-- Data extracts follows --

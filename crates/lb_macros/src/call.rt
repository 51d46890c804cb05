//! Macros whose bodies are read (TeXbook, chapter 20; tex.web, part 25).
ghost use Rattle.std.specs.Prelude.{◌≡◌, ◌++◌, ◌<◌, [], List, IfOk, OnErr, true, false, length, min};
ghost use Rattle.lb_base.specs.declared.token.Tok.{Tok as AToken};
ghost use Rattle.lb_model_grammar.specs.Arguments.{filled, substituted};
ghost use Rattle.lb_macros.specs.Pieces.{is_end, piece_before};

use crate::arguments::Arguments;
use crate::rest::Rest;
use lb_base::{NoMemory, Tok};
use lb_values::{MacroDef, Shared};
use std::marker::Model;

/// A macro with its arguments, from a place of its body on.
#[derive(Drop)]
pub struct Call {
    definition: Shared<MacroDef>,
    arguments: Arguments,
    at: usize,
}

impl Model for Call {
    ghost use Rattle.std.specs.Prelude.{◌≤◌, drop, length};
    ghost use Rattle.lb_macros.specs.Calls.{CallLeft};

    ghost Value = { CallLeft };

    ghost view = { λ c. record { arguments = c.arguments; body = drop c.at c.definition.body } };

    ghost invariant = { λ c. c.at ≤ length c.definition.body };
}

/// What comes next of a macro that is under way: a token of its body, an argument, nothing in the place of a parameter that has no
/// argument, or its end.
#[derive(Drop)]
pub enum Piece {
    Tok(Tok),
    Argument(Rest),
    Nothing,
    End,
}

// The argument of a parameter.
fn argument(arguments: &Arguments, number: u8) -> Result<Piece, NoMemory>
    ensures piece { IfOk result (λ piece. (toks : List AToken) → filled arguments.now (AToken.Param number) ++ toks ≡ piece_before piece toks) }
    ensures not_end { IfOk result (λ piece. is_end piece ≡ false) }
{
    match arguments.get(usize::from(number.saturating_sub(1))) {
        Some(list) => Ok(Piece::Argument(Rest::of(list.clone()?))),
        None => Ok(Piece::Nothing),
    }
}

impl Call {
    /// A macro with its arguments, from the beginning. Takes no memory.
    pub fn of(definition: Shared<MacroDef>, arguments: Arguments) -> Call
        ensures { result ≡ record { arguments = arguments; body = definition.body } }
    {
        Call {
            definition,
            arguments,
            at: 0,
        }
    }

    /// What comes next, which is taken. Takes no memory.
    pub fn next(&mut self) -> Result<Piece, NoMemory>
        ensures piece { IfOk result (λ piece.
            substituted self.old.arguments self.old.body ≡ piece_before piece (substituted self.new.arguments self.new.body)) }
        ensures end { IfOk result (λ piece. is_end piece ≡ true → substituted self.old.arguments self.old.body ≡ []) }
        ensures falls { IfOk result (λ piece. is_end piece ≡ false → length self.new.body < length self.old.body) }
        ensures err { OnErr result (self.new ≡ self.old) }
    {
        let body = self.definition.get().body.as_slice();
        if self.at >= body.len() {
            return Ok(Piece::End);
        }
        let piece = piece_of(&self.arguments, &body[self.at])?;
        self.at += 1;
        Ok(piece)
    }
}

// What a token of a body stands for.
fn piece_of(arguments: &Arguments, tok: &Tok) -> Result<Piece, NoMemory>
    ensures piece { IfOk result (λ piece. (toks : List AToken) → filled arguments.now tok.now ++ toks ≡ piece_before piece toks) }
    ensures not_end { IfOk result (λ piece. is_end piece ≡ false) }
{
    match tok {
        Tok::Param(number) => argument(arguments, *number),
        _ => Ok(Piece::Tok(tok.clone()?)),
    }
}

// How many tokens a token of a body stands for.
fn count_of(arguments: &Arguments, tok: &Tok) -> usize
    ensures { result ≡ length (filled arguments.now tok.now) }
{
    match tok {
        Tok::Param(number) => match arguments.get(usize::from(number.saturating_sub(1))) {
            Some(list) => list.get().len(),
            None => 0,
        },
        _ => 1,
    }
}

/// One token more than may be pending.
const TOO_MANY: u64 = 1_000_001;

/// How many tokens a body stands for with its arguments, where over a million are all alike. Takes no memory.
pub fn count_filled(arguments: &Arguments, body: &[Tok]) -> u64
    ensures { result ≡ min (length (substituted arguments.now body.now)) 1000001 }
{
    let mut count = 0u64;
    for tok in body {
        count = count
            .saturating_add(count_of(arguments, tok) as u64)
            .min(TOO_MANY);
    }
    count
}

-- Data extracts concluded --
-- Data extracts follows --

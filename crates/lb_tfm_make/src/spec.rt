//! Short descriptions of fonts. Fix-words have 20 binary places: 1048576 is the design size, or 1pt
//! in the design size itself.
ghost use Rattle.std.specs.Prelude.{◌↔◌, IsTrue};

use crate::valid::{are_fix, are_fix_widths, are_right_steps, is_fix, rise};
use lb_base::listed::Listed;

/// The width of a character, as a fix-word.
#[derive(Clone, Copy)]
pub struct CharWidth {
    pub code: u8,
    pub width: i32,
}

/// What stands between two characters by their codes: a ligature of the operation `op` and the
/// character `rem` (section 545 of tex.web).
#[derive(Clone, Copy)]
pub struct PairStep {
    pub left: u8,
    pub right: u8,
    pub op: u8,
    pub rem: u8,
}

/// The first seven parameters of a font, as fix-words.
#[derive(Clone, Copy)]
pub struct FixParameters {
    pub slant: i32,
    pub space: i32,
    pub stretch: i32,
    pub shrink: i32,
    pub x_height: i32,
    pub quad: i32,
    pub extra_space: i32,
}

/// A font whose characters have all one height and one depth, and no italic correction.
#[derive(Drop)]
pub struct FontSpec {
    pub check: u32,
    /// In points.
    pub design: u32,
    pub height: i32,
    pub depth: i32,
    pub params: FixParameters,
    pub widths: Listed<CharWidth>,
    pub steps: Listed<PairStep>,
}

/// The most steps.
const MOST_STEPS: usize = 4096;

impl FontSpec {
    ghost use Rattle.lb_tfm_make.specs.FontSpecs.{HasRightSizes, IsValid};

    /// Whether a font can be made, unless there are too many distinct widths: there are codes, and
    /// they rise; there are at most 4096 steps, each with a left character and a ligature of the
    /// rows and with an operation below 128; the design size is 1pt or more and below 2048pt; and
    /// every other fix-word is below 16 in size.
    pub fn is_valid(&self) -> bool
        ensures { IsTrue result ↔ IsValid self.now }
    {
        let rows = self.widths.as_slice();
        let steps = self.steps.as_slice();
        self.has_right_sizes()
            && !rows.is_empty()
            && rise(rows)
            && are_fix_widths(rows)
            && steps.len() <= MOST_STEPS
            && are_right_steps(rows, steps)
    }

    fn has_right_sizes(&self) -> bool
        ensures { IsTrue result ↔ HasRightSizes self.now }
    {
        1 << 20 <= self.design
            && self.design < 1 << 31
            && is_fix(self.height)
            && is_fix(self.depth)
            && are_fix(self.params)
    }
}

-- Data extracts concluded --

__Work to complete__.
Take the listing above and repeat exactly the lines from the one containing "The most steps." through the one containing "are codes, and", both included.

__Written answer__.
/// The most steps.
const MOST_STEPS: usize = 4096;

impl FontSpec {
    ghost use Rattle.lb_tfm_make.specs.FontSpecs.{HasRightSizes, IsValid};

    /// Whether a font can be made, unless there are too many distinct widths: there are codes, and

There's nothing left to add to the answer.